- Opening Delimiter -
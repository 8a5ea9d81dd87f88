use super::*;
use java_values::Kind;
use std::test::Fail;

#[test]
fn registers_keep_their_numbers(rt: HostRuntime) -> Result<(), Fail> {
    let kinds = [Kind::Int, Kind::Boolean, Kind::Byte];
    let mut store = Store::open(rt.alloc(), &kinds)?;
    assert_eq!(rt; store.len(), 3);
    store.set(1, 1);
    store.set(2, -128);
    assert_eq!(rt; store.get(0), 0);
    assert_eq!(rt; store.get(1), 1);
    assert_eq!(rt; store.get(2), -128);
    assert_eq!(rt; store.kind(2), Kind::Byte);
    Ok(())
}

#[test]
fn numbers_are_handed_in_once(rt: HostRuntime) -> Result<(), Fail> {
    let mut inputs = Inputs::new(rt.alloc());
    assert_eq!(rt; inputs.add(3, 1, 7)?, true);
    assert_eq!(rt; inputs.add(3, 1, 8)?, false);
    assert_eq!(rt; inputs.add(1, 3, 9)?, true);
    let shared = threads_share_inputs(&inputs);
    assert_eq!(rt; shared.at(3, 1), Some(7));
    assert_eq!(rt; shared.at(1, 3), Some(9));
    assert_eq!(rt; shared.at(3, 2), None);
    Ok(())
}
- Closing Delimiter -
Exercise goal →
Print exactly the lines from the one containing "assert_eq!(rt; store.get(0), 0);" through the last line of the records above, both included.

Completed task →
    assert_eq!(rt; store.get(0), 0);
    assert_eq!(rt; store.get(1), 1);
    assert_eq!(rt; store.get(2), -128);
    assert_eq!(rt; store.kind(2), Kind::Byte);
    Ok(())
}

#[test]
fn numbers_are_handed_in_once(rt: HostRuntime) -> Result<(), Fail> {
    let mut inputs = Inputs::new(rt.alloc());
    assert_eq!(rt; inputs.add(3, 1, 7)?, true);
    assert_eq!(rt; inputs.add(3, 1, 8)?, false);
    assert_eq!(rt; inputs.add(1, 3, 9)?, true);
    let shared = threads_share_inputs(&inputs);
    assert_eq!(rt; shared.at(3, 1), Some(7));
    assert_eq!(rt; shared.at(1, 3), Some(9));
    assert_eq!(rt; shared.at(3, 2), None);
    Ok(())
}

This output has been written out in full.